(Collected data)
↓
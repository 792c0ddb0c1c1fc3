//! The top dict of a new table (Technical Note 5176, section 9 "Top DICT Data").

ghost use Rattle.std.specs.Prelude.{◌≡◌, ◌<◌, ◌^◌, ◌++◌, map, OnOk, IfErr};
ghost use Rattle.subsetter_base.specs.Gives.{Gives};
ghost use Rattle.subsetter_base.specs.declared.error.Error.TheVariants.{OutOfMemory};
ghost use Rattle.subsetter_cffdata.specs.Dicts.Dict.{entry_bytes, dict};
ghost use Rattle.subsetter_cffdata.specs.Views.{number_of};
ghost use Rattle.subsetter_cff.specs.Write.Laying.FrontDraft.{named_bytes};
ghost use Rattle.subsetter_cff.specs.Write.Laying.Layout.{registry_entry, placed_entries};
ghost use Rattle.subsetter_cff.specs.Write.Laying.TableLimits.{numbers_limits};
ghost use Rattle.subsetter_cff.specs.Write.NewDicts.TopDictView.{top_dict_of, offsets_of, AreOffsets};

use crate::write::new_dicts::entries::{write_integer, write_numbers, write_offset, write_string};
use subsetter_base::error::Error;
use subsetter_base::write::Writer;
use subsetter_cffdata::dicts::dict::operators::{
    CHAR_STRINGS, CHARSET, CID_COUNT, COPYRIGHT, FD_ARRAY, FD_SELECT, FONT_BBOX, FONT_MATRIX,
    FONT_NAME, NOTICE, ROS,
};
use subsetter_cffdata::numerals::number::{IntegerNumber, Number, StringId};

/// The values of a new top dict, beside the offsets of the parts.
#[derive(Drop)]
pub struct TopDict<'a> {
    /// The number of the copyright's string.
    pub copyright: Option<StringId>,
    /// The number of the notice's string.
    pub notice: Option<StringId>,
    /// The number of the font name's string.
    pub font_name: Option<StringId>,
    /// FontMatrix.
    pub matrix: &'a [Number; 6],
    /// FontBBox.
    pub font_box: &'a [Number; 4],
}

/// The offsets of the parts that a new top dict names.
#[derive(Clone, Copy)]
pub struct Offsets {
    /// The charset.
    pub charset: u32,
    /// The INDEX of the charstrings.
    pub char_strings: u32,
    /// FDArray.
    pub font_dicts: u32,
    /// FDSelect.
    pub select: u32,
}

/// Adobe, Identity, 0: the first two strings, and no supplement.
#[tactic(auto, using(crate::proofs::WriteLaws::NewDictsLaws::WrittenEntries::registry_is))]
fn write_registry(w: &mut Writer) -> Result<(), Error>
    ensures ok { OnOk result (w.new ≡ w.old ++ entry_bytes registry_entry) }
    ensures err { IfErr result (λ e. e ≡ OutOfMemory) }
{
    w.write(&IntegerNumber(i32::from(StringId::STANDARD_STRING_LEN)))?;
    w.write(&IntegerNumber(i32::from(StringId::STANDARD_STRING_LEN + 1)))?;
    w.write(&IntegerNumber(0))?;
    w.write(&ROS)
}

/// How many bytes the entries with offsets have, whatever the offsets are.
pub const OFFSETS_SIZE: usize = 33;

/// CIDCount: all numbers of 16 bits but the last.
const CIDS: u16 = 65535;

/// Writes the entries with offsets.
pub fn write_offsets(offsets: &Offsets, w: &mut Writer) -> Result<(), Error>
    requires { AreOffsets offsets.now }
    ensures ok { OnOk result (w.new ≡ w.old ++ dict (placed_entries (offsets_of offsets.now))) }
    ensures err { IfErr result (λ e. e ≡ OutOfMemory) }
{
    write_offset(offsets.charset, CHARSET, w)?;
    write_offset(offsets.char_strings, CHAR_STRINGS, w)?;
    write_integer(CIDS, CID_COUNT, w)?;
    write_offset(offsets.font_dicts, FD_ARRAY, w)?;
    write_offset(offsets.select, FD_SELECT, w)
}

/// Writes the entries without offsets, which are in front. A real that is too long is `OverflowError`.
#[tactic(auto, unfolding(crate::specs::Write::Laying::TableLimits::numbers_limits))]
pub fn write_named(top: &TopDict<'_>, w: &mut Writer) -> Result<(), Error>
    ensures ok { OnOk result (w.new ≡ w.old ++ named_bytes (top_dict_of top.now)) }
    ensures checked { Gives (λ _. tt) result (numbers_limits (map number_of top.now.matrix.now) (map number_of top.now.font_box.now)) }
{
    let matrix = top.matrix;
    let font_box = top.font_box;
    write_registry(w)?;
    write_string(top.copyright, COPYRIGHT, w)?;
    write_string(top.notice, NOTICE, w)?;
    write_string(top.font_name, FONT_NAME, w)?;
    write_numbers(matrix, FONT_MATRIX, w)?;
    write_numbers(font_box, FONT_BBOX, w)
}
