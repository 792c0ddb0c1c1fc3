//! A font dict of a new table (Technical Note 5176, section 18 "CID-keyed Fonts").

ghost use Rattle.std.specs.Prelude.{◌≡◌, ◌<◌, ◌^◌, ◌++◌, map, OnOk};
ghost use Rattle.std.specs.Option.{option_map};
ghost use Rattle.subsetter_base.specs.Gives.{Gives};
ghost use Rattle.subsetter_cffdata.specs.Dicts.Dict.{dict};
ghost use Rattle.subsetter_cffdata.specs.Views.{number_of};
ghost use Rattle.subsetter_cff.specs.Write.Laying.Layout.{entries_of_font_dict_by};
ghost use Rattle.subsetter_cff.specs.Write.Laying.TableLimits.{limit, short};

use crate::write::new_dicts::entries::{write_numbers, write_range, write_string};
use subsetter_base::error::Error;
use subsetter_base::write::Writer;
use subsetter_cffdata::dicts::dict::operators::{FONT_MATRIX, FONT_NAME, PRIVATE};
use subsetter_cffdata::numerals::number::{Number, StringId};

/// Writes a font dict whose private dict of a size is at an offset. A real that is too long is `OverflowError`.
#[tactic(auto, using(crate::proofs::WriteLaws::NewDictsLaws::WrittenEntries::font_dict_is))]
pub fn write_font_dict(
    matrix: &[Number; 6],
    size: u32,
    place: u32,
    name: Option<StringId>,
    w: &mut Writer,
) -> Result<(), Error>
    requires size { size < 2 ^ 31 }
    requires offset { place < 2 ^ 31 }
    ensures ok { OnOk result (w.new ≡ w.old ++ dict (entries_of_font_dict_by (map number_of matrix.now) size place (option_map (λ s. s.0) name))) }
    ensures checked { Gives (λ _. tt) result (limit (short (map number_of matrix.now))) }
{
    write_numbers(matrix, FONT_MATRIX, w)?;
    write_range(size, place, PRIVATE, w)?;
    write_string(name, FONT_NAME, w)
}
↑
# Exercise brief
Please go over the data above and copy each line with "Writes" in it.

# Solution to this task
/// Writes the entries with offsets.
/// Writes the entries without offsets, which are in front. A real that is too long is `OverflowError`.
/// Writes a font dict whose private dict of a size is at an offset. A real that is too long is `OverflowError`.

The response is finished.